[WORKING DATA]

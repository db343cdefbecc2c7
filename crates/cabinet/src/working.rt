//! Working in the bytes of a saved document.
ghost use Rattle.std.specs.Prelude.{◌≡◌, ◌-◌, ◌^◌, ◌<◌, IsTrue, IfOk, IfErr, OnOk, OnErr};
ghost use Rattle.cabinet_text_grammar.specs.Tree.{Tree};
ghost use Rattle.cabinet_documents.specs.Accepted.{Accepted};
ghost use Rattle.cabinet_archives.specs.Saving.{HasNoImageFor, IsWithinLimits};
ghost use Rattle.cabinet_text.specs.Calls.{ReaderEndsRun, WriterEndsRun};
ghost use Rattle.cabinet.specs.Calls.{EditedByRun, EditsSaved, RunsAll, RunsToFault};
ghost use Rattle.cabinet.specs.Headline.{WorksInPlace};

use crate::opened::Opened;
use crate::session::run;
use archive_hash_probing::Group;
use archive_shape_layout::Writer;
use cabinet_archives::{SaveRefusal, to_bytes};
use cabinet_text::{Count, RunFault, Source};
use cabinet_text_nodes::Document;
use std::alloc::Global;

/// The bytes of a saved document after work in them, and the outcome of the work.
#[derive(Drop)]
pub struct Worked {
    pub bytes: Vec<u8>,
    pub outcome: Result<Count, RunFault>,
}

/// Carries out the lines of a source in bytes that `check` accepts. The bytes stay an archive, regardless of any
/// failure.
pub fn run_in<R: Source, W: Writer>(
    alloc: Global,
    bytes: &mut [u8],
    reader: &mut R,
    writer: &mut W,
) -> Result<Count, RunFault>
    requires accepted { ∥ ((t : Tree) × Accepted bytes.old t) ∥₁ }
    requires reader_counts { R.failures reader.old < 2 ^ 64 - 1 }
    requires writer_counts { W.failures writer.old < 2 ^ 64 - 1 }
    ensures kept { ∥ ((t : Tree) × Accepted bytes.new t) ∥₁ }
    // Regardless of whether reader and writer are observable.
    ensures edits { EditedByRun bytes.old bytes.new result }
    ensures all { RunsAll R.Source W.Writer reader.old bytes.old bytes.new writer.old writer.new result }
    ensures fault { RunsToFault R.Source W.Writer reader.old reader.new bytes.old bytes.new writer.old writer.new result }
    ensures reader_fails { ReaderEndsRun R.Source reader.old reader.new result }
    ensures writer_fails { WriterEndsRun W.Writer writer.old writer.new result }
{
    let mut opened = Opened::<Group>::new(bytes);
    run(alloc, &mut opened, reader, writer)
}

/// Saves a document in memory, and carries out the lines of a source in the bytes that were saved, which are an
/// archive. The answer to each line is that of the document, and the bytes are those that saving the document, as
/// edited so far, writes.
pub fn work<R: Source, W: Writer>(
    alloc: Global,
    document: &Document,
    reader: &mut R,
    writer: &mut W,
) -> Result<Worked, SaveRefusal>
    requires reader_counts { R.failures reader.old < 2 ^ 64 - 1 }
    requires writer_counts { W.failures writer.old < 2 ^ 64 - 1 }
    ensures works { IsTrue R.OBSERVABLE → IsTrue W.OBSERVABLE
        → IfOk result (λ w. WorksInPlace W.COUNTS document.now (R.left reader.old) (R.left reader.new)
        (W.contents writer.old) (W.contents writer.new) w.bytes.items w.outcome) }
    // Regardless of whether reader and writer are observable.
    ensures edits { IfOk result (λ w. EditsSaved document.now w.bytes.items w.outcome) }
    ensures within { OnOk result (IsWithinLimits document.now) }
    ensures reader_fails { IfOk result (λ w. ReaderEndsRun R.Source reader.old reader.new w.outcome) }
    ensures writer_fails { IfOk result (λ w. WriterEndsRun W.Writer writer.old writer.new w.outcome) }
    ensures refused { IfErr result (HasNoImageFor document.now) }
    ensures unread { OnErr result (reader.new ≡ reader.old) }
    ensures unwritten { OnErr result (writer.new ≡ writer.old) }
{
    let mut bytes = match to_bytes(alloc, document) {
        Ok(bytes) => bytes,
        Err(refusal) => return Err(refusal),
    };
    let outcome = run_in(alloc, bytes.as_mut_slice(), reader, writer);
    Ok(Worked { bytes, outcome })
}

[/WORKING DATA]

▶ THE PROBLEM:
Transcribe the entries above, every line exactly as it reads.

▶ PROBLEM SOLUTION:
repository db343cdefbecc2c7
filename crates/cabinet/src/working.rt
//! Working in the bytes of a saved document.
ghost use Rattle.std.specs.Prelude.{◌≡◌, ◌-◌, ◌^◌, ◌<◌, IsTrue, IfOk, IfErr, OnOk, OnErr};
ghost use Rattle.cabinet_text_grammar.specs.Tree.{Tree};
ghost use Rattle.cabinet_documents.specs.Accepted.{Accepted};
ghost use Rattle.cabinet_archives.specs.Saving.{HasNoImageFor, IsWithinLimits};
ghost use Rattle.cabinet_text.specs.Calls.{ReaderEndsRun, WriterEndsRun};
ghost use Rattle.cabinet.specs.Calls.{EditedByRun, EditsSaved, RunsAll, RunsToFault};
ghost use Rattle.cabinet.specs.Headline.{WorksInPlace};

use crate::opened::Opened;
use crate::session::run;
use archive_hash_probing::Group;
use archive_shape_layout::Writer;
use cabinet_archives::{SaveRefusal, to_bytes};
use cabinet_text::{Count, RunFault, Source};
use cabinet_text_nodes::Document;
use std::alloc::Global;

/// The bytes of a saved document after work in them, and the outcome of the work.
#[derive(Drop)]
pub struct Worked {
    pub bytes: Vec<u8>,
    pub outcome: Result<Count, RunFault>,
}

/// Carries out the lines of a source in bytes that `check` accepts. The bytes stay an archive, regardless of any
/// failure.
pub fn run_in<R: Source, W: Writer>(
    alloc: Global,
    bytes: &mut [u8],
    reader: &mut R,
    writer: &mut W,
) -> Result<Count, RunFault>
    requires accepted { ∥ ((t : Tree) × Accepted bytes.old t) ∥₁ }
    requires reader_counts { R.failures reader.old < 2 ^ 64 - 1 }
    requires writer_counts { W.failures writer.old < 2 ^ 64 - 1 }
    ensures kept { ∥ ((t : Tree) × Accepted bytes.new t) ∥₁ }
    // Regardless of whether reader and writer are observable.
    ensures edits { EditedByRun bytes.old bytes.new result }
    ensures all { RunsAll R.Source W.Writer reader.old bytes.old bytes.new writer.old writer.new result }
    ensures fault { RunsToFault R.Source W.Writer reader.old reader.new bytes.old bytes.new writer.old writer.new result }
    ensures reader_fails { ReaderEndsRun R.Source reader.old reader.new result }
    ensures writer_fails { WriterEndsRun W.Writer writer.old writer.new result }
{
    let mut opened = Opened::<Group>::new(bytes);
    run(alloc, &mut opened, reader, writer)
}

/// Saves a document in memory, and carries out the lines of a source in the bytes that were saved, which are an
/// archive. The answer to each line is that of the document, and the bytes are those that saving the document, as
/// edited so far, writes.
pub fn work<R: Source, W: Writer>(
    alloc: Global,
    document: &Document,
    reader: &mut R,
    writer: &mut W,
) -> Result<Worked, SaveRefusal>
    requires reader_counts { R.failures reader.old < 2 ^ 64 - 1 }
    requires writer_counts { W.failures writer.old < 2 ^ 64 - 1 }
    ensures works { IsTrue R.OBSERVABLE → IsTrue W.OBSERVABLE
        → IfOk result (λ w. WorksInPlace W.COUNTS document.now (R.left reader.old) (R.left reader.new)
        (W.contents writer.old) (W.contents writer.new) w.bytes.items w.outcome) }
    // Regardless of whether reader and writer are observable.
    ensures edits { IfOk result (λ w. EditsSaved document.now w.bytes.items w.outcome) }
    ensures within { OnOk result (IsWithinLimits document.now) }
    ensures reader_fails { IfOk result (λ w. ReaderEndsRun R.Source reader.old reader.new w.outcome) }
    ensures writer_fails { IfOk result (λ w. WriterEndsRun W.Writer writer.old writer.new w.outcome) }
    ensures refused { IfErr result (HasNoImageFor document.now) }
    ensures unread { OnErr result (reader.new ≡ reader.old) }
    ensures unwritten { OnErr result (writer.new ≡ writer.old) }
{
    let mut bytes = match to_bytes(alloc, document) {
        Ok(bytes) => bytes,
        Err(refusal) => return Err(refusal),
    };
    let outcome = run_in(alloc, bytes.as_mut_slice(), reader, writer);
    Ok(Worked { bytes, outcome })
}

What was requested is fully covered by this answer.